For a system with a classical potential energy *E*\ (\ *q*\ ), the RPMD
Hamiltonian is given by


.. math::
   H=\sum _{k=1}^{n}\left(\frac{{p}_{{k}^{2}}}{2m}+E({q}_{k})+\frac{m({k}_{B}Tn)^{2}}{2\hbar^{2}}({q}_{k}-{q}_{k-1})^{2}\right)


This Hamiltonian resembles that of a system of classical ring polymers where
different copies of the system are connected by harmonic springs.  Hence each
copy of the classical system is commonly referred to as a “bead”.  The spread of
the ring polymer representing each particle is directly related to its De
Broglie thermal wavelength (uncertainty in its position).

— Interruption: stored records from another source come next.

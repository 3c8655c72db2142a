//! Settings, by words.

use case_lines::Unanswered;
use fault_storage::{Config, PartialWriteMode, Probability, ResizeConfig, WriteConfig};

/// The mode of this name.
pub fn mode(word: &str) -> Result<PartialWriteMode, Unanswered> {
    match word {
        "prefix" => Ok(PartialWriteMode::Prefix),
        "subset" => Ok(PartialWriteMode::Subset),
        _ => Err(Unanswered::BadLine),
    }
}

/// The rate of this numerator and denominator.
pub fn rate(numerator: &str, denominator: &str) -> Result<Probability, Unanswered> {
    Probability::new(numerator.parse()?, denominator.parse()?).ok_or(Unanswered::BadLine)
}

/// The settings with one more.
pub fn with_setting(config: Config, words: &[&str]) -> Result<Config, Unanswered> {
    match words {
        ["open", n, d] => Ok(config.open(rate(n, d)?)),
        ["read", n, d] => Ok(config.read(rate(n, d)?)),
        ["sync", n, d] => Ok(config.sync(rate(n, d)?)),
        ["remove", n, d] => Ok(config.remove(rate(n, d)?)),
        ["scan", n, d] => Ok(config.scan(rate(n, d)?)),
        ["resize", n, d, kept, of] => Ok(config.resize(ResizeConfig {
            rate: rate(n, d)?,
            retention: rate(kept, of)?,
        })),
        ["write", n, d, kept, of, torn] => Ok(config.write(WriteConfig {
            rate: rate(n, d)?,
            retention: rate(kept, of)?,
            mode: mode(torn)?,
        })),
        _ => Err(Unanswered::BadLine),
    }
}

RPMD calculations must be converged with respect to the number *n* of beads
used.  Each bead is evolved at the effective temperature *nT*\ , where *T*
is the temperature for which properties are required.  The number of beads
needed to converge a calculation can be estimated using\ :cite:`Markland2008`


.. math::
   n>\frac{\hbar\omega_{max}}{{k}_{B}T}


where :math:`\omega_{max}` is the highest frequency in the problem.  For example, for
flexible liquid water the highest frequency is the OH stretch at around 3000
cm\ :sup:`-1`\ , so around 24 to 32 beads are needed depending on the accuracy
required.  For rigid water where the highest frequency is only around 1000
cm\ :sup:`-1`\ , only 6 beads are typically needed.  Due to the replication needed
of the classical system, the extra cost of the calculation compared to a
classical simulation increases linearly with the number of beads used.

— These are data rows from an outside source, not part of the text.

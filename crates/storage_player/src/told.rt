//! Answers in words.

use crate::refusals::number;
use case_lines::{Unanswered, digits};
use fault_storage::Error;
use std::alloc::Global;

/// A refusal, by its number and what it carries.
pub fn refused(alloc: Global, error: Error) -> Result<String, Unanswered> {
    let (number, carried) = number(error);
    Ok(format!(in alloc; "{number}{carried}")?)
}

/// `ok`, or the refusal.
pub fn done(alloc: Global, answer: Result<(), Error>) -> Result<String, Unanswered> {
    match answer {
        Ok(()) => Ok("ok".to_string(alloc)?),
        Err(error) => refused(alloc, error),
    }
}

/// The bytes, or the refusal.
pub fn bytes(alloc: Global, answer: Result<Vec<u8>, Error>) -> Result<String, Unanswered> {
    match answer {
        Ok(bytes) => digits(alloc, &bytes),
        Err(error) => refused(alloc, error),
    }
}

/// The names, a space between two of them and `none` where there is none, or the refusal.
pub fn names(alloc: Global, answer: Result<Vec<Vec<u8>>, Error>) -> Result<String, Unanswered> {
    let names = match answer {
        Ok(names) => names,
        Err(error) => return refused(alloc, error),
    };
    if names.is_empty() {
        return Ok("none".to_string(alloc)?);
    }
    let mut text = String::new(alloc);
    for name in names.iter() {
        if !text.is_empty() {
            text.push_str(" ")?;
        }
        text.push_str(digits(alloc, name)?.as_str())?;
    }
    Ok(text)
}

/// The word of a truth value.
pub fn truth(alloc: Global, holds: bool) -> Result<String, Unanswered> {
    Ok(if holds { "true" } else { "false" }.to_string(alloc)?)
}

This cost can be reduced by “contracting” the ring polymer to a smaller number
of beads.\ :cite:`Markland2008`  The rapidly changing forces are then computed
for the full number of beads, while slower changing forces are computed on a
smaller set.  In the case of flexible water, for example, a common arrangement
would be to compute the high frequency bonded forces on all 32 beads, the direct
space nonbonded forces on only 6 beads, and the reciprocal space nonbonded
forces on only a single bead.

Due to the stiff spring terms between the beads, NVE RPMD trajectories can
suffer from ergodicity problems and hence thermostatting is highly recommended,
especially when dynamical properties are not required.\ :cite:`Hall1984`  The
thermostat implemented here is the path integral Langevin equation (PILE)
approach.\ :cite:`Ceriotti2010`  This method couples an optimal white noise
Langevin thermostat to the normal modes of each polymer, leaving only one
parameter to be chosen by the user which controls the friction applied to the
center of mass of each ring polymer.  A good choice for this is to use a value
similar to that used in a classical calculation of the same system.